**Task statement**
Look for the word "answers" in the material below. Copy each line that has it.

● ● ●

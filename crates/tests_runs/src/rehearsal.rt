//! Rehearsals of a case, over both stores.

use crate::calls::{Given, given_of, list, next_word, resumed_at, work_of};
use bootstore_copies::Plain;
use bootstore_state::Store;
use bootstore_trail::Trail;
use device_list::BoardEnd;
use output::Over;
use rehearse_runs::{Ending, Runs};
use std::alloc::Global;
use std::fmt::Write;
use tests_language::{Case, agreed};
use tests_rows::{number, shown, slices, text_of, unescaped};

/// Which page is asked for: after a word, and up to a limit, which is none where it is 0.
#[derive(Drop)]
struct Page {
    after: Option<Vec<u8>>,
    limit: u32,
}

/// What the next word of a row says.
#[derive(Clone, Copy)]
enum Key {
    After,
    Limit,
    Other,
}

/// What is after a word.
fn key_of(word: &str) -> Key {
    match word {
        "after" => Key::After,
        "limit" => Key::Limit,
        _ => Key::Other,
    }
}

impl Page {
    /// The page that a row asks for.
    fn new(alloc: Global, says: &str) -> anyhow::Result<Page> {
        let mut page = Page {
            after: None,
            limit: 0,
        };
        let mut key = Key::Other;
        for word in says.split(' ') {
            match key {
                Key::After => page.after = Some(unescaped(alloc, word)?),
                Key::Limit => page.limit = number(word)?,
                Key::Other => {}
            }
            key = key_of(word);
        }
        Ok(page)
    }

    /// The runs of a page.
    fn runs<'a, S: Store>(&self, given: &'a Given<'_>) -> anyhow::Result<Runs<'a, S>> {
        match &self.after {
            None => Ok(given.runs::<S>(None)?),
            Some(word) => Ok(given.runs::<S>(Some(word))?),
        }
    }
}

// A function holds runs, another one asks them, and then they are dropped: where values end otherwise, their parts are gone
// through at each way out, and that takes long to prove.

/// The records of runs, and how their page finishes.
fn records<S: Store>(case: &Case, runs: &mut Runs<'_, S>, limit: u32) -> anyhow::Result<String> {
    let mut out = Over::new(Vec::new(case.alloc));
    let names = slices(case.alloc, &case.names)?;
    let finish = list(runs, &names, limit, &mut out)?;
    let lines = text_of(case.alloc, &out.into_writer())?;
    Ok(format!(in case.alloc; "{lines}answer {finish:?}")?)
}

/// The records of a page, and how it finishes.
fn listing<S: Store>(case: &Case, given: &Given<'_>, page: &Page) -> anyhow::Result<String> {
    let mut runs = page.runs::<S>(given)?;
    let told = records(case, &mut runs, page.limit);
    drop(runs);
    told
}

/// The word that was given last, that of the next run, and the steps that were begun then.
fn told_behind<S: Store>(alloc: Global, runs: &mut Runs<'_, S>) -> anyhow::Result<String> {
    let given = text_of(alloc, runs.given().unwrap_or(b"none"))?;
    let next = match next_word(alloc, runs)? {
        Some(word) => text_of(alloc, &word)?,
        None => String::from_str(alloc, "none")?,
    };
    let work = work_of(runs);
    Ok(format!(in alloc; "given {given}, next {next}, work {work}")?)
}

/// How a page of runs finishes, the work after it, and the answers then.
fn finished<S: Store>(alloc: Global, runs: &mut Runs<'_, S>, limit: u32) -> anyhow::Result<String> {
    let finish = list(runs, &[], limit, &mut Over::new(Vec::new(alloc)))?;
    let work = work_of(runs);
    let told = told_behind(alloc, runs)?;
    Ok(format!(in alloc; "{finish:?}, work {work}, {told}")?)
}

/// How a page finishes, the work after it, and the answers then.
fn told_behind_page<S: Store>(given: &Given<'_>, page: &Page) -> anyhow::Result<String> {
    let mut runs = page.runs::<S>(given)?;
    let told = finished(given.alloc, &mut runs, page.limit);
    drop(runs);
    told
}

/// What a listing of runs answers that has this room, the bytes, and the answers then.
fn broken_in<S: Store>(
    alloc: Global,
    runs: &mut Runs<'_, S>,
    room: &mut [u8],
) -> anyhow::Result<String> {
    let answer = list(runs, &[], 0, &mut Over::new(&mut *room));
    let bytes = shown(alloc, room)?;
    let told = told_behind(alloc, runs)?;
    Ok(format!(in alloc; "{answer:?}\n{bytes}\n{told}")?)
}

/// What a listing answers that has room for so many bytes, the bytes, and the answers then.
fn broken<S: Store>(given: &Given<'_>, says: &str) -> anyhow::Result<String> {
    let size = number(says)?;
    let mut room = vec![in given.alloc; 0u8; size as usize]?;
    let mut runs = given.runs::<S>(None)?;
    let told = broken_in(given.alloc, &mut runs, &mut room);
    drop(runs);
    told
}

/// The words of runs, each with the work after it.
fn worked<S: Store>(alloc: Global, runs: &mut Runs<'_, S>) -> anyhow::Result<String> {
    let mut words = String::from_str(alloc, "runs")?;
    for _ in 0..70_000u32 {
        let Some(word) = next_word(alloc, runs)? else {
            break;
        };
        let (word, work) = (text_of(alloc, &word)?, work_of(runs));
        write!(words, " {word}:{work}")?;
    }
    Ok(words)
}

/// The work of runs so far, their words with the work after each, and that of all.
fn works_of<S: Store>(alloc: Global, runs: &mut Runs<'_, S>) -> anyhow::Result<String> {
    let begun = work_of(runs);
    let words = worked(alloc, runs)?;
    let work = work_of(runs);
    Ok(format!(in alloc; "begun {begun}, {words}, work {work}")?)
}

/// The work after a start word, the words with the work after each, and that of all.
fn works<S: Store>(given: &Given<'_>, page: &Page) -> anyhow::Result<String> {
    let mut runs = page.runs::<S>(given)?;
    let told = works_of(given.alloc, &mut runs);
    drop(runs);
    told
}

/// The words of runs.
fn words_of<S: Store>(alloc: Global, runs: &mut Runs<'_, S>) -> anyhow::Result<Vec<Vec<u8>>> {
    let mut words = Vec::new(alloc);
    for _ in 0..70_000u32 {
        let Some(word) = next_word(alloc, runs)? else {
            break;
        };
        words.push(word)?;
    }
    Ok(words)
}

/// The words of the runs, or of those after a word, and how many steps were begun.
fn words<S: Store>(given: &Given<'_>, after: Option<&[u8]>) -> anyhow::Result<(Vec<Vec<u8>>, u64)> {
    let mut runs = given.runs::<S>(after)?;
    let words = words_of(given.alloc, &mut runs);
    let work = work_of(&runs);
    drop(runs);
    Ok((words?, work))
}

/// How many runs there are, whether their words grow in dictionary order, and how many steps were begun.
fn grown<S: Store>(given: &Given<'_>) -> anyhow::Result<String> {
    let (words, work) = words::<S>(given, None)?;
    let mut last: &[u8] = b"";
    let mut do_grow = true;
    for word in &words {
        do_grow = do_grow && last < word.as_slice();
        last = word;
    }
    let runs = words.len();
    Ok(format!(in given.alloc; "{runs} runs, their words grow: {do_grow}, {work} steps")?)
}

/// Whether after a word the runs go on with these.
fn goes_on<S: Store>(given: &Given<'_>, word: &[u8], rest: &[Vec<u8>]) -> anyhow::Result<bool> {
    let (behind, _) = words::<S>(given, Some(word))?;
    Ok(behind.as_slice() == rest)
}

/// The words of the runs, and whether after each the runs go on with those that are after it.
fn onward<S: Store>(given: &Given<'_>) -> anyhow::Result<String> {
    let alloc = given.alloc;
    let (all, _) = words::<S>(given, None)?;
    let mut text = String::from_str(alloc, "words")?;
    let mut rest = all.as_slice();
    let mut go_on = true;
    for word in &all {
        rest = rest.get(1..).unwrap_or(&[]);
        go_on = goes_on::<S>(given, word, rest)? && go_on;
        text.push(' ')?;
        text.push_str(text_of(alloc, word)?.as_str())?;
    }
    Ok(format!(in alloc; "{text}\nthe runs go on behind each: {go_on}")?)
}

/// All records of runs.
fn listed<S: Store>(case: &Case, runs: &mut Runs<'_, S>) -> anyhow::Result<Vec<u8>> {
    let mut out = Over::new(Vec::new(case.alloc));
    let _ = list(runs, &slices(case.alloc, &case.names)?, 0, &mut out)?;
    Ok(out.into_writer())
}

/// Where a listing goes on if so many bytes of it are written, a line for each place.
fn places(alloc: Global, listing: &[u8]) -> anyhow::Result<String> {
    let mut lines = String::new(alloc);
    let mut last = usize::MAX;
    for size in 0..=listing.len() {
        let (word, length) = resumed_at(&listing[..size]);
        if length != last {
            let word = text_of(alloc, word)?;
            writeln!(lines, "from {size} bytes on: behind {word}, after {length}")?;
        }
        last = length;
    }
    Ok(lines)
}

/// Where the whole listing goes on if so many bytes of it are written, a line for each place.
fn resumed<S: Store>(case: &Case, given: &Given<'_>) -> anyhow::Result<String> {
    let mut runs = given.runs::<S>(None)?;
    let listing = listed(case, &mut runs);
    drop(runs);
    places(case.alloc, &listing?)
}

/// What an ending is called.
fn name_of(ending: Ending<'_>) -> &'static str {
    match ending {
        Ending::End(_) => "end",
        Ending::CutDevices => "cut devices",
        Ending::CutSteps => "cut steps",
        Ending::Unknown(_) => "stop unknown",
        Ending::Syntax(_) => "stop syntax",
        Ending::Unsupported(_) => "stop unsupported",
        Ending::Panic(_) => "stop panic",
        Ending::Size => "stop size",
        Ending::Finished(finish, _) => match finish {
            BoardEnd::Boots => "booted",
            BoardEnd::Restarts => "restarted",
            BoardEnd::Halts => "halted",
        },
    }
}

/// What the ending of the next run is called.
fn end_of<S: Store>(runs: &mut Runs<'_, S>) -> anyhow::Result<&'static str> {
    match runs.next()? {
        Some(view) => Ok(name_of(view.ending())),
        None => anyhow::bail!("no run"),
    }
}

/// How the first run ends.
fn end<S: Store>(given: &Given<'_>) -> anyhow::Result<String> {
    let mut runs = given.runs::<S>(None)?;
    let name = end_of(&mut runs);
    drop(runs);
    Ok(String::from_str(given.alloc, name?)?)
}

/// What kind of word each is.
fn kinds<S: Store>(given: &Given<'_>, says: &str) -> anyhow::Result<String> {
    let alloc = given.alloc;
    let mut kinds = String::from_str(alloc, "kinds")?;
    for word in says.split(' ') {
        let kind = given.kind::<S>(&unescaped(alloc, word)?)?;
        write!(kinds, " {kind:?}")?;
    }
    Ok(kinds)
}

/// The answer to a row of a page.
fn told_of_page<S: Store>(
    case: &Case,
    given: &Given<'_>,
    word: &str,
    says: &str,
) -> anyhow::Result<String> {
    let page = Page::new(case.alloc, says)?;
    match word {
        "told" => told_behind_page::<S>(given, &page),
        "work" => works::<S>(given, &page),
        _ => listing::<S>(case, given, &page),
    }
}

/// The answer to a row of what is rehearsed.
fn told_of<S: Store>(
    case: &Case,
    given: &Given<'_>,
    word: &str,
    says: &str,
) -> anyhow::Result<String> {
    match word {
        "try" => kinds::<S>(given, says),
        "broken" => broken::<S>(given, says),
        "grow" => grown::<S>(given),
        "onward" => onward::<S>(given),
        "end" => end::<S>(given),
        "resumed" => resumed::<S>(case, given),
        _ => told_of_page::<S>(case, given, word, says),
    }
}

/// The answer to a row over one store.
fn told_over<S: Store>(case: &Case, word: &str, says: &str) -> anyhow::Result<String> {
    let given = given_of(case)?;
    let told = told_of::<S>(case, &given, word, says);
    drop(given);
    told
}

/// The answer to a row of rehearsals, over both stores.
pub fn rehearsed(case: &Case, word: &str, says: &str) -> anyhow::Result<String> {
    let plain = told_over::<Plain>(case, word, says);
    let trail = told_over::<Trail>(case, word, says);
    agreed(case.alloc, plain, trail)
}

● ● ●

**Problem solution**
/// How a page of runs finishes, the work after it, and the answers then.
/// How a page finishes, the work after it, and the answers then.
/// What a listing of runs answers that has this room, the bytes, and the answers then.
/// What a listing answers that has room for so many bytes, the bytes, and the answers then.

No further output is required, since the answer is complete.